→ Exercise aim: Transcribe the data below exactly, but only from the line containing "pairs_not_stopped(xs, ys)" through its final line, both included.

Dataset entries
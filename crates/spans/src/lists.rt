//! Whether two lists of a kind are one.

ghost use Rattle.std.specs.Prelude.{◌≡◌, ◌&&◌, ◌==◌, length};
ghost use Rattle.std.specs.List.{list_all, zip};
ghost use Rattle.shard_calls.specs.Same.{rejected_eq, not_stopped_eq, not_joined_eq, rows_eq};
ghost use Rattle.spans.specs.Lists.{are_same, same_rejected, same_not_stopped, same_not_joined, same_row};

use crate::equality::{left_eq, reason_eq, shown_type_eq, unreached_eq};
use shard_calls::{NotJoined, NotStopped, Rejected, TabletRow};

fn same_rejected(x: &Rejected, y: &Rejected) -> bool
    ensures { result ≡ same_rejected x.now y.now }
{
    x.alias == y.alias && reason_eq(x.reason, y.reason)
}

fn pairs_rejected(xs: &[Rejected], ys: &[Rejected]) -> bool
    ensures { result ≡ list_all (λ p. same_rejected p.0 p.1) (zip xs.now ys.now) }
{
    xs.iter().zip(ys).all(|(x, y)| same_rejected(x, y))
}

#[tactic(auto, using(crate::proofs::SameLemmas::rejected_uneven))]
pub(crate) fn rejected_eq(xs: &[Rejected], ys: &[Rejected]) -> bool
    ensures { result ≡ rejected_eq xs.now ys.now }
{
    if xs.len() != ys.len() {
        return false;
    }
    pairs_rejected(xs, ys)
}

fn same_not_stopped(x: &NotStopped, y: &NotStopped) -> bool
    ensures { result ≡ same_not_stopped x.now y.now }
{
    x.alias == y.alias && unreached_eq(&x.unreached, &y.unreached)
}

fn pairs_not_stopped(xs: &[NotStopped], ys: &[NotStopped]) -> bool
    ensures { result ≡ list_all (λ p. same_not_stopped p.0 p.1) (zip xs.now ys.now) }
{
    xs.iter().zip(ys).all(|(x, y)| same_not_stopped(x, y))
}

#[tactic(auto, using(crate::proofs::SameLemmas::not_stopped_uneven))]
pub(crate) fn not_stopped_eq(xs: &[NotStopped], ys: &[NotStopped]) -> bool
    ensures { result ≡ not_stopped_eq xs.now ys.now }
{
    if xs.len() != ys.len() {
        return false;
    }
    pairs_not_stopped(xs, ys)
}

fn same_not_joined(x: &NotJoined, y: &NotJoined) -> bool
    ensures { result ≡ same_not_joined x.now y.now }
{
    x.alias == y.alias && left_eq(&x.left, &y.left)
}

fn pairs_not_joined(xs: &[NotJoined], ys: &[NotJoined]) -> bool
    ensures { result ≡ list_all (λ p. same_not_joined p.0 p.1) (zip xs.now ys.now) }
{
    xs.iter().zip(ys).all(|(x, y)| same_not_joined(x, y))
}

#[tactic(auto, using(crate::proofs::SameLemmas::not_joined_uneven))]
pub(crate) fn not_joined_eq(xs: &[NotJoined], ys: &[NotJoined]) -> bool
    ensures { result ≡ not_joined_eq xs.now ys.now }
{
    if xs.len() != ys.len() {
        return false;
    }
    pairs_not_joined(xs, ys)
}

/// Whether the two are one row.
pub fn same_row(x: &TabletRow, y: &TabletRow) -> bool
    ensures { result ≡ same_row x.now y.now }
{
    x.alias == y.alias && x.server == y.server && shown_type_eq(x.kind, y.kind)
}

→ Answer to the exercise:
    pairs_not_stopped(xs, ys)
}

fn same_not_joined(x: &NotJoined, y: &NotJoined) -> bool
    ensures { result ≡ same_not_joined x.now y.now }
{
    x.alias == y.alias && left_eq(&x.left, &y.left)
}

fn pairs_not_joined(xs: &[NotJoined], ys: &[NotJoined]) -> bool
    ensures { result ≡ list_all (λ p. same_not_joined p.0 p.1) (zip xs.now ys.now) }
{
    xs.iter().zip(ys).all(|(x, y)| same_not_joined(x, y))
}

#[tactic(auto, using(crate::proofs::SameLemmas::not_joined_uneven))]
pub(crate) fn not_joined_eq(xs: &[NotJoined], ys: &[NotJoined]) -> bool
    ensures { result ≡ not_joined_eq xs.now ys.now }
{
    if xs.len() != ys.len() {
        return false;
    }
    pairs_not_joined(xs, ys)
}

/// Whether the two are one row.
pub fn same_row(x: &TabletRow, y: &TabletRow) -> bool
    ensures { result ≡ same_row x.now y.now }
{
    x.alias == y.alias && x.server == y.server && shown_type_eq(x.kind, y.kind)
}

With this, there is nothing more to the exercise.